German-American socialist writer and anti-fascist activist (1871–1950)

Luiz Heinrich Mann (/de/; March 27, 1871 - March 11, 1950), best known as simply Heinrich Mann, was a German-American writer known for his sociopolitical novels. From 1930 until 1933, he was president of the fine poetry division of the Prussian Academy of Arts. His fierce criticism of the growing Fascism and Nazism forced him to flee Germany after the Nazis came to power during 1933. He was the elder brother of writer Thomas Mann.

==Early life==
Born in Lübeck, as the first child of Senator Thomas Johann Heinrich Mann, grain merchant and finance minister of the Free City of Lübeck, a state of the German Empire, and Júlia da Silva Bruhns. He was the elder brother of the writer Thomas Mann with whom he had a lifelong rivalry. The Mann family was an affluent family of grain merchants of the Hanseatic city of Lübeck. After the death of his father, his mother relocated the family to Munich, where Heinrich began his career as a freier Schriftsteller (free writer). In 1914, he married a Czech actress, Maria "Mimi" Kanova. They divorced in 1930. Mimi, being Jewish, died from the consequences of a five-year detention in the concentration camp Theresienstadt.

==Work and exile==
Mann's essay on Émile Zola and the novel Der Untertan (published over the years 1912–1918) earned him much respect during the Weimar Republic in left-wing circles, since they demonstrated the author's antiwar and defeatist stance during World War I, while the latter satirized Imperial German society; both the novel and the essay became a major impulse for Thomas Mann to write Reflections of a Nonpolitical Man, a work supporting the efforts of the German Empire in the war and condemning Heinrich as one of "Civilisation's Literary Men" (Zivilisationsliteraten), the writers who served the West in its struggle against German culture; later Thomas called the novel an example of "national slander" and "ruthless aestheticism", yet the novel had admirers such as Kurt Tucholsky. During the revolution, Heinrich became a major supporter of Kurt Eisner, a social democrat revolutionary who proclaimed Bavaria a Socialist republic; after Eisner's assassination by a far-right activist, Mann spoke at Eisner's funeral.

Later, in 1930, his book Professor Unrat was freely adapted into the movie Der Blaue Engel (The Blue Angel). Carl Zuckmayer wrote the script, and Josef von Sternberg was the director. Mann wanted his paramour, the actress Trude Hesterberg, to play the main female part as the "actress" Lola Lola (named Rosa Fröhlich in the novel), but Marlene Dietrich was given the part, her first sound role. The film helped her achieve her breakthrough, including in Hollywood, and became an icon movie in film history.
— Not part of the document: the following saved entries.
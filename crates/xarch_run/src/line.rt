ghost use Rattle.std.specs.Prelude.{◌≡◌, ◌+◌, ◌≤◌, ◌++◌, ℕ, List, [], OnOk, false, length, nat_lt, vec_len};
ghost use Rattle.xarch_words.specs.declared.limits.TheConstants.{LINE};
ghost use Rattle.xarch_run.specs.Lines.{is_blank};

use std::alloc::{AllocError, Global};
use xarch_words::limits::LINE;

/// A line as far as it has come. Of a longer line than there may be only the front is kept, with
/// one byte more than a line may have.
#[derive(Drop)]
pub(crate) struct Line {
    bytes: Vec<u8>,
    blank: bool,
    ghost short: { vec_len bytes ≤ LINE + 1 },
}

impl Line {
    ghost use Rattle.xarch_run.specs.Shown.{Shows};

    pub(crate) fn new(alloc: Global) -> Line
        ensures { Shows result [] }
    {
        Line {
            bytes: Vec::new(alloc),
            blank: true,
        }
    }

    pub(crate) fn clear(&mut self)
        ensures { Shows self.new [] }
    {
        self.bytes.clear();
        self.blank = true;
    }

    /// Puts a piece behind what has come.
    pub(crate) fn add(&mut self, piece: &[u8]) -> Result<(), AllocError>
        ensures { (bytes : List ℕ) → Shows self.old bytes
            → OnOk result (Shows self.new (bytes ++ piece.now)) }
    {
        let room = LINE + 1 - self.bytes.len();
        self.bytes
            .extend_from_slice(&piece[..piece.len().min(room)])?;
        self.blank = self.blank && is_blank_piece(piece);
        Ok(())
    }

    /// Whether it has only spaces, tabs and CRs, however long it is.
    pub(crate) fn is_blank(&self) -> bool
        ensures { result ≡ self.now.blank }
    {
        self.blank
    }

    /// Whether it is longer than a line may be.
    pub(crate) fn is_too_long(&self) -> bool
        ensures { (bytes : List ℕ) → Shows self.now bytes → result ≡ nat_lt LINE (length bytes) }
    {
        self.bytes.len() > LINE
    }

    /// The whole line, where it is not too long.
    pub(crate) fn bytes(&self) -> &[u8]
        ensures { (bytes : List ℕ) → Shows self.now bytes → nat_lt LINE (length bytes) ≡ false
            → result.now ≡ bytes }
    {
        &self.bytes
    }
}

fn is_blank_piece(piece: &[u8]) -> bool
    ensures { result ≡ is_blank piece.now }
{
    piece
        .iter()
        .all(|byte| matches!(byte, b' ' | b'\t' | b'\r'))
}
Together with Albert Einstein and other celebrities during 1932, Mann was a signatory to the "Urgent Call for Unity", asking voters to reject the Nazis. Einstein and Mann had previously co-authored a letter during 1931 condemning the murder of Croatian scholar Milan Šufflay.

Mann became persona non grata in Nazi Germany and left before the Reichstag fire of 1933. He went to France where he lived in Paris and Nice. During the German occupation of France, he made his way to Marseille, from where Varian Fry helped him escape to Spain in September 1940. Assisted by Justus Rosenberg, Mann and his wife Nelly Kröger, nephew Golo Mann, and friends Alma Mahler-Werfel and Franz Werfel hiked for six hours, finally crossing the border at Port Bou. After arriving in Portugal, the group stayed in Monte Estoril at the Grande Hotel D'Itália between September 18 and October 4, 1940. On October 4, 1940, they boarded the S.S. Nea Hellas, headed for New York City.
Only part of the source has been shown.